Я спустился в лощину; стало холоднее, где-то рядом в зарослях звенел и шуршал галькой ручей, но вот он забурлил, заклокотал, казалось, хочет о чем-то поведать и злится, что я не понимаю его. Я остановился, чтобы послушать, и в это время наверху, в кустах, над самой головой что-то зашипело, и колдовской свет озарил как бы застигнутую врасплох, заросшую лозняком лощину и высокие, с недоумением глядящие в лощину тополя. Все явилось с такой резкостью и четкостью, словно ножом была вырезана каждая веточка, каждый лист в отдельности; они трепетали и жили странной, непонятной жизнью и в эту секунду чего-то ожидали от тебя.

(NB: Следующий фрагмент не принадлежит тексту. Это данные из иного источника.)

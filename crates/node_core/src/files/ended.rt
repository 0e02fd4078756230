//! Inserts that are over while they wait.

ghost use Rattle.std.specs.Prelude.{◌≡◌, ◌++◌, ◌∷◌, [], OnOk};
ghost use Rattle.wire_msg.specs.Words.{InsertReply};
ghost use Rattle.wire_msg.specs.declared.note.Note.TheVariants as note;
ghost use Rattle.overlay_rules.specs.Outcome.{sent};
ghost use Rattle.overlay_rules.specs.State.{State};
ghost use Rattle.past_core.specs.Replied.{replied_asks};

use past_core::Asks;
use ring_math::{Id, OutOfMemory};
use std::alloc::Global;
use wire_msg::{Message, Note, Notes, Outgoing, Reply, Sends};

/// Each of these commands is replied alike, behind what is sent and noted already.
pub(crate) fn reply_each(
    alloc: Global,
    asks: &Asks,
    reply: &Reply,
    messages: &mut Sends,
    notes: &mut Notes,
) -> Result<(), OutOfMemory>
    ensures messages { (s : State) → OnOk result (messages.new ≡ messages.old ++ (replied_asks s reply.now asks.now).sends) }
    ensures notes { (s : State) → OnOk result (notes.new ≡ notes.old ++ (replied_asks s reply.now asks.now).notes) }
{
    for ask in asks.as_slice() {
        reply_one(alloc, ask.0, ask.1, reply, messages, notes)?;
    }
    Ok(())
}

/// One command is replied, behind what is sent and noted already.
fn reply_one(
    alloc: Global,
    origin: Id,
    number: u64,
    reply: &Reply,
    messages: &mut Sends,
    notes: &mut Notes,
) -> Result<(), OutOfMemory>
    ensures messages { OnOk result (messages.new ≡ messages.old ++ sent origin (InsertReply number reply.now) ∷ []) }
    ensures notes { OnOk result (notes.new ≡ notes.old ++ note.Answered origin number reply.now ∷ []) }
{
    notes.push(Note::Answered {
        origin,
        number,
        reply: reply.copy(alloc)?,
    })?;
    let message = Message::InsertReply {
        number,
        reply: reply.copy(alloc)?,
    };
    messages.push(Outgoing {
        receiver: origin,
        message,
    })
}
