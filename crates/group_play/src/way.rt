//! Where a group's key leads.

ghost use Rattle.std.specs.Prelude.{◌≡◌, Contains};
ghost use Rattle.overlay_rules.specs.Routed.{way_by, way_of};
ghost use Rattle.world_model.specs.Recorded.{world_of};

use coverage::Hop;
use overlay_rules::Way;
use ring_math::Id;
use world_model::World;

/// Where a key leads from a node of a world.
pub(crate) fn way_from(world: &World, node: Id, key: Id) -> Way
    requires { Contains world.now.nodes node }
    ensures { result ≡ way_of ((world_of world.now).states node) key }
{
    match world.next_hop(node, key) {
        Some(hop) => way_by(hop),
        None => Way::NotReady,
    }
}

fn way_by(hop: Hop) -> Way
    ensures { result ≡ way_by hop }
{
    match hop {
        Hop::Here => Way::Here,
        Hop::Gap(joiner) => Way::Gap { joiner },
        Hop::To(node) => Way::To { node },
    }
}
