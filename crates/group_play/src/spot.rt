//! Where a step is made, and what it sends from there.

ghost use Rattle.std.specs.Prelude.{◌≡◌, ◌++◌, ◌∷◌, [], OnOk, map};
ghost use Rattle.scribe_core.specs.Parts.{to};
ghost use Rattle.scribe_core.specs.Record.{sent_from};
ghost use Rattle.group_play.specs.Said.{grafts, prunes};

use ring_math::{Id, OutOfMemory};
use scribe_core::{Group, GroupMessage, GroupSent, GroupWriter};

/// A node and a group, in which a step is made, and where the node's seat in the group may stand.
#[derive(Clone, Copy)]
pub(crate) struct Spot<'a> {
    pub(crate) node: Id,
    pub(crate) group: &'a Group,
    pub(crate) guess: Option<usize>,
}

impl Spot<'_> {
    /// Sends one message more.
    pub(crate) fn send(
        &self,
        writer: &mut GroupWriter,
        receiver: Id,
        message: GroupMessage,
    ) -> Result<(), OutOfMemory>
        ensures entries { writer.new.entries ≡ writer.old.entries }
        ensures messages { OnOk result (writer.new.messages ≡
            writer.old.messages ++ sent_from self.now.node self.now.group.now (to receiver message) ∷ []) }
        ensures notes { writer.new.notes ≡ writer.old.notes }
    {
        writer.send(GroupSent {
            sender: self.node,
            receiver,
            group: self.group.copy()?,
            message,
        })
    }

    /// Sends a Graft to the parent, if there is one to ask.
    pub(crate) fn graft(
        &self,
        writer: &mut GroupWriter,
        parent: Option<Id>,
    ) -> Result<(), OutOfMemory>
        ensures entries { writer.new.entries ≡ writer.old.entries }
        ensures messages { OnOk result (writer.new.messages ≡
            writer.old.messages ++ map (sent_from self.now.node self.now.group.now) (grafts parent)) }
        ensures notes { writer.new.notes ≡ writer.old.notes }
    {
        if let Some(parent) = parent {
            self.send(writer, parent, GroupMessage::Graft)?;
        }
        Ok(())
    }

    /// Sends a Prune to the parent, if there is one to leave.
    pub(crate) fn prune(
        &self,
        writer: &mut GroupWriter,
        parent: Option<Id>,
    ) -> Result<(), OutOfMemory>
        ensures entries { writer.new.entries ≡ writer.old.entries }
        ensures messages { OnOk result (writer.new.messages ≡
            writer.old.messages ++ map (sent_from self.now.node self.now.group.now) (prunes parent)) }
        ensures notes { writer.new.notes ≡ writer.old.notes }
    {
        if let Some(parent) = parent {
            self.send(writer, parent, GroupMessage::Prune)?;
        }
        Ok(())
    }
}
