//! Actions played, one after another.

ghost use Rattle.std.specs.Prelude.{◌≡◌, ◌<◌, ◌++◌, ◌∷◌, [], Contains, IfOk, OnOk, length};
ghost use Rattle.overlay_rules.specs.Record.{IsRecord};
ghost use Rattle.scenario_reader.specs.Plain.{ids};
ghost use Rattle.scribe_core.specs.declared.entry.GroupEvent.TheVariants as event;
ghost use Rattle.scribe_core.specs.Actions.{AreActions};
ghost use Rattle.scribe_core.specs.Played.{acted, delivered_once, happened, played, settled};
ghost use Rattle.scribe_core.specs.Record.{IsGroupRecord, sent_in};
ghost use Rattle.world_model.specs.Index.{IsBelow};
ghost use Rattle.world_model.specs.Recorded.{Recorded, setting_of, world_of};
ghost use Rattle.group_play.specs.Messages.{ListsMessages, delivered_by};
ghost use Rattle.group_play.specs.Playing.{CanAct, IsNewest, IsPlay};

use crate::ahead::Ahead;
use crate::groups::Groups;
use crate::messages::Messages;
use crate::seats::Seats;
use crate::spot::Spot;
use group_reader::GroupScript;
use ring_math::{Id, OutOfMemory};
use scenario_reader::Name;
use scribe_core::{GroupAction, GroupCommand, GroupEvent, GroupRecord, GroupWhat, GroupWriter};
use std::alloc::Global;
use world_model::World;

/// The group record of a script over the world that its part one has left. The only error is that memory was refused.
pub fn play_groups(
    alloc: Global,
    script: &GroupScript,
    world: &World,
) -> Result<GroupRecord, OutOfMemory>
    requires { world.now.nodes ≡ ids script.now.scenario.nodes }
    ensures played { IfOk result (λ steps. steps ≡ played (world_of world.now) script.now.actions) }
    ensures legal { IfOk result (λ steps. IsGroupRecord (setting_of world.now) (world_of world.now) steps) }
{
    play_actions(alloc, script.actions(), world)
}

/// The group record that actions give.
fn play_actions(
    alloc: Global,
    actions: &[GroupAction],
    world: &World,
) -> Result<GroupRecord, OutOfMemory>
    requires { AreActions world.now.nodes actions.now }
    ensures played { IfOk result (λ steps. steps ≡ played (world_of world.now) actions.now) }
    ensures legal { IfOk result (λ steps. IsGroupRecord (setting_of world.now) (world_of world.now) steps) }
{
    world.entries();
    let mut play = Play::new(alloc);
    let mut ahead = Ahead::new(alloc);
    for action in actions {
        play.act(alloc, world, &mut ahead, &action.what)?;
    }
    Ok(play.writer.finish())
}

/// Groups that are played: the record so far, what is kept of its messages, the seats with the parts after it, and the groups.
#[derive(Drop)]
pub(crate) struct Play {
    pub(crate) groups: Groups,
    pub(crate) seats: Seats,
    pub(crate) messages: Messages,
    pub(crate) writer: GroupWriter,
}

impl Play {
    /// Nothing has happened. It takes no memory.
    fn new(alloc: Global) -> Play
        ensures plays { (r : Recorded) → IsPlay r result }
        ensures entries { result.writer.entries ≡ [] }
    {
        Play {
            groups: Groups::new(alloc),
            seats: Seats::new(alloc),
            messages: Messages::new(alloc),
            writer: GroupWriter::new(alloc),
        }
    }

    /// Does what an action says.
    fn act(
        &mut self,
        alloc: Global,
        world: &World,
        ahead: &mut Ahead,
        what: &GroupWhat,
    ) -> Result<(), OutOfMemory>
        requires plays { IsPlay world.now self.old }
        requires legal { IsRecord (setting_of world.now) world.now.entries }
        requires may { CanAct world.now.nodes self.old.writer.entries what.now }
        ensures plays { OnOk result (IsPlay world.now self.new) }
        ensures entries { OnOk result (self.new.writer.entries ≡ acted (world_of world.now) what.now self.old.writer.entries) }
    {
        match what {
            GroupWhat::Command {
                number,
                node,
                group,
                command,
            } => self.command(alloc, world, *number, *node, group, command),
            GroupWhat::Settle(count) => self.settle(alloc, world, ahead, *count),
            GroupWhat::Deliver(message) => self.deliver_once(alloc, world, *message),
        }
    }

    /// A node is given a command in a group.
    fn command(
        &mut self,
        alloc: Global,
        world: &World,
        number: u64,
        node: Id,
        name: &Name,
        command: &GroupCommand,
    ) -> Result<(), OutOfMemory>
        requires plays { IsPlay world.now self.old }
        requires member { Contains world.now.nodes node }
        requires newest { IsNewest number self.old.writer.entries }
        ensures plays { OnOk result (IsPlay world.now self.new) }
        ensures entries { OnOk result (self.new.writer.entries ≡
            happened (world_of world.now) self.old.writer.entries (event.Command node number name.now command.now)) }
    {
        let group = self.groups.group(alloc, name)?;
        let at = Spot {
            node,
            group: &group,
            guess: None,
        };
        self.seats
            .command(alloc, &mut self.writer, world, &at, number, command)?;
        let event = GroupEvent::Command {
            node,
            number,
            group: group.copy()?,
            command: command.copy(alloc)?,
        };
        self.close(event, None)?;
        Ok(())
    }

    /// So many times, the oldest message that was never delivered is delivered.
    fn settle(
        &mut self,
        alloc: Global,
        world: &World,
        ahead: &mut Ahead,
        count: u32,
    ) -> Result<(), OutOfMemory>
        requires plays { IsPlay world.now self.old }
        requires legal { IsRecord (setting_of world.now) world.now.entries }
        ensures plays { OnOk result (IsPlay world.now self.new) }
        ensures entries { OnOk result (self.new.writer.entries ≡ settled (world_of world.now) count self.old.writer.entries) }
    {
        for turn in 0..count {
            match self.messages.oldest() {
                Some(message) => {
                    let guess = self.guess(ahead, message, count - turn)?;
                    self.deliver(alloc, world, message, guess)?;
                }
                None => return Ok(()),
            }
        }
        Ok(())
    }

    /// Where the seat may stand to which a message comes, the first of so many that are to be delivered.
    fn guess(
        &self,
        ahead: &mut Ahead,
        message: usize,
        left: u32,
    ) -> Result<Option<usize>, OutOfMemory> {
        ahead.guess(message, left, self.writer.sent(), &self.seats)
    }

    /// A message is delivered, if it was sent.
    fn deliver_once(
        &mut self,
        alloc: Global,
        world: &World,
        message: u64,
    ) -> Result<(), OutOfMemory>
        requires plays { IsPlay world.now self.old }
        requires legal { IsRecord (setting_of world.now) world.now.entries }
        ensures plays { OnOk result (IsPlay world.now self.new) }
        ensures entries { OnOk result (self.new.writer.entries ≡ delivered_once (world_of world.now) message self.old.writer.entries) }
    {
        if message < self.messages.len() as u64 {
            self.deliver(alloc, world, message as usize, None)?;
        }
        Ok(())
    }

    /// A message that was sent is delivered, to a seat that may stand at this place.
    fn deliver(
        &mut self,
        alloc: Global,
        world: &World,
        message: usize,
        guess: Option<usize>,
    ) -> Result<(), OutOfMemory>
        requires plays { IsPlay world.now self.old }
        requires legal { IsRecord (setting_of world.now) world.now.entries }
        requires sent { message < length (sent_in self.old.writer.entries) }
        ensures plays { OnOk result (IsPlay world.now self.new) }
        ensures entries { OnOk result (self.new.writer.entries ≡ happened (world_of world.now) self.old.writer.entries (event.Deliver message)) }
    {
        let sent = &self.writer.sent()[message];
        let sent = sent.copy()?;
        let at = Spot {
            node: sent.receiver,
            group: &sent.group,
            guess,
        };
        self.seats.message(
            alloc,
            &mut self.writer,
            world,
            &at,
            sent.sender,
            &sent.message,
        )?;
        let message = message as u64;
        self.close(GroupEvent::Deliver { message }, Some(message))?;
        Ok(())
    }

    /// The next entry is complete: it is of this event.
    fn close(&mut self, event: GroupEvent, delivered: Option<u64>) -> Result<(), OutOfMemory>
        requires messages { ListsMessages self.old.messages self.old.writer.entries }
        requires delivered { delivered ≡ delivered_by event }
        requires below { IsBelow (length (sent_in self.old.writer.entries)) delivered }
        ensures entries { OnOk result (self.new.writer.entries ≡
            self.old.writer.entries ++ record { event = event; messages = self.old.writer.messages; notes = self.old.writer.notes } ∷ []) }
        ensures nothing_sent { OnOk result (self.new.writer.messages ≡ []) }
        ensures nothing_noted { OnOk result (self.new.writer.notes ≡ []) }
        ensures messages { OnOk result (ListsMessages self.new.messages self.new.writer.entries) }
        ensures seats { self.new.seats ≡ self.old.seats }
    {
        self.messages.add(delivered, self.writer.sent().len())?;
        self.writer.close(event)?;
        Ok(())
    }
}
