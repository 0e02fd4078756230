//! The seats of nodes in groups, which are found by node and group.

ghost use Rattle.std.specs.Prelude.{◌≡◌, Contains, IfOk, IfSome, MatchOption, OnOk};
ghost use Rattle.std.specs.Bool.{Decides};
ghost use Rattle.ring_math.specs.Names.{Id as PlainId};
ghost use Rattle.scribe_core.specs.Parts.{GroupName, Part as PlainPart, Command, Comes, no_part};
ghost use Rattle.world_model.specs.Recorded.{world_of};
ghost use Rattle.group_play.specs.Seats.{AreSeats, IsPlaceOf, IsSeatOf, NoneFrom, ShowParts, StepsTo};

use crate::part::Part;
use crate::spot::Spot;
use ring_math::{Id, OutOfMemory, cw};
use scribe_core::{Group, GroupCommand, GroupMessage, GroupWriter};
use std::alloc::Global;
use std::collections::HashMap;
use world_model::World;

/// The seat of a node in a group.
#[derive(Drop)]
pub(crate) struct Seat {
    pub(crate) node: Id,
    pub(crate) group: Group,
    /// The last seat before this one that is looked up by the same number.
    pub(crate) before: Option<usize>,
}

/// Seats, in the order in which they were taken, and the part at each.
///
/// A seat is looked up by a number, the way from its node to the group's key. Seats that share one are chained.
#[derive(Drop)]
pub(crate) struct Seats {
    pub(crate) items: Vec<Seat>,
    pub(crate) parts: Vec<Part>,
    /// The last seat of each number.
    pub(crate) last: HashMap<u128, usize>,
}

impl Seats {
    /// No seat is taken. It takes no memory.
    pub(crate) fn new(alloc: Global) -> Seats
        ensures seats { AreSeats result }
        ensures parts { ShowParts result (λ x name. no_part) }
    {
        Seats {
            items: Vec::new(alloc),
            parts: Vec::new(alloc),
            last: HashMap::new(alloc),
        }
    }

    /// A command comes to a node in a group.
    pub(crate) fn command(
        &mut self,
        alloc: Global,
        writer: &mut GroupWriter,
        world: &World,
        at: &Spot<'_>,
        number: u64,
        command: &GroupCommand,
    ) -> Result<(), OutOfMemory>
        requires seats { AreSeats self.old }
        requires member { Contains world.now.nodes at.now.node }
        ensures seats { OnOk result (AreSeats self.new) }
        ensures steps { (parts : PlainId → GroupName → PlainPart) → ShowParts self.old parts →
            OnOk result (StepsTo (world_of world.now) self.new parts
            (record { node = at.now.node; group = at.now.group.now; input = Command number command.now }) writer.old writer.new) }
    {
        let place = self.place(alloc, at)?;
        let part = &mut self.parts[place];
        part.command(alloc, writer, world, at, number, command)?;
        Ok(())
    }

    /// A message comes to a node in a group.
    pub(crate) fn message(
        &mut self,
        alloc: Global,
        writer: &mut GroupWriter,
        world: &World,
        at: &Spot<'_>,
        sender: Id,
        message: &GroupMessage,
    ) -> Result<(), OutOfMemory>
        requires seats { AreSeats self.old }
        requires member { Contains world.now.nodes at.now.node }
        ensures seats { OnOk result (AreSeats self.new) }
        ensures steps { (parts : PlainId → GroupName → PlainPart) → ShowParts self.old parts →
            OnOk result (StepsTo (world_of world.now) self.new parts
            (record { node = at.now.node; group = at.now.group.now; input = Comes sender message.now }) writer.old writer.new) }
    {
        let place = self.place(alloc, at)?;
        let part = &mut self.parts[place];
        part.message(writer, world, at, sender, message)?;
        Ok(())
    }

    /// The place of a node's seat in a group, which is taken if it was not.
    fn place(&mut self, alloc: Global, at: &Spot<'_>) -> Result<usize, OutOfMemory>
        requires seats { AreSeats self.old }
        ensures seats { OnOk result (AreSeats self.new) }
        ensures parts { OnOk result ((parts : PlainId → GroupName → PlainPart) → ShowParts self.old parts → ShowParts self.new parts) }
        ensures place { IfOk result (IsPlaceOf self.new at.now.node at.now.group.now) }
    {
        match self.find(at) {
            Some(place) => Ok(place),
            None => self.take(alloc, at),
        }
    }

    /// The place of a node's seat in a group, None exactly where it has none.
    fn find(&self, at: &Spot<'_>) -> Option<usize>
        requires seats { AreSeats self.now }
        ensures { MatchOption result (NoneFrom self.now.items.items 0 at.now.node at.now.group.now) (IsPlaceOf self.now at.now.node at.now.group.now) }
    {
        if let Some(place) = self.guessed(at) {
            return Some(place);
        }
        let mut next = self.last.get(&cw(at.node, at.group.key())).copied();
        while let Some(place) = next {
            let seat = &self.items[place];
            if is_seat_of(seat, at) {
                return Some(place);
            }
            next = seat.before;
        }
        None
    }

    /// The place where the node's seat in the group may stand, if it does.
    fn guessed(&self, at: &Spot<'_>) -> Option<usize>
        ensures { IfSome result (IsPlaceOf self.now at.now.node at.now.group.now) }
    {
        let place = at.guess?;
        let seat = self.items.get(place)?;
        is_seat_of(seat, at).then_some(place)
    }

    /// A seat for a node that has none in the group.
    fn take(&mut self, alloc: Global, at: &Spot<'_>) -> Result<usize, OutOfMemory>
        requires seats { AreSeats self.old }
        requires new { NoneFrom self.old.items.items 0 at.now.node at.now.group.now }
        ensures seats { OnOk result (AreSeats self.new) }
        ensures parts { OnOk result ((parts : PlainId → GroupName → PlainPart) → ShowParts self.old parts → ShowParts self.new parts) }
        ensures place { IfOk result (IsPlaceOf self.new at.now.node at.now.group.now) }
    {
        let group = at.group.copy()?;
        let place = self.items.len();
        let before = self.last.insert(cw(at.node, group.key()), place)?;
        self.items.push(Seat {
            node: at.node,
            group,
            before,
        })?;
        self.parts.push(Part::new(alloc))?;
        Ok(place)
    }
}

fn is_seat_of(seat: &Seat, at: &Spot<'_>) -> bool
    ensures { Decides result (IsSeatOf seat.now at.now.node at.now.group.now) }
{
    seat.node == at.node && seat.group.as_slice() == at.group.as_slice()
}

До этого ракеты я видел только издали; они как свечи вставали над дальним грустным полем и искали кого-то. Если я и попадал в ее мертвый свет, то всегда вместе с товарищами, она была для всех. Эта же ракета была моя, и режущий свет ее пронизывал меня всего. Казалось, я лежу на земле прозрачный, как стекло. В это мгновение нет никаких чувств и мыслей, будто бы ты и действительно кусок стекла.
Свет медленно угасал, и вместе с ним угасала ярко-синяя, как во сне, трава. И только теперь я почувствовал сырость и холод ночной земли.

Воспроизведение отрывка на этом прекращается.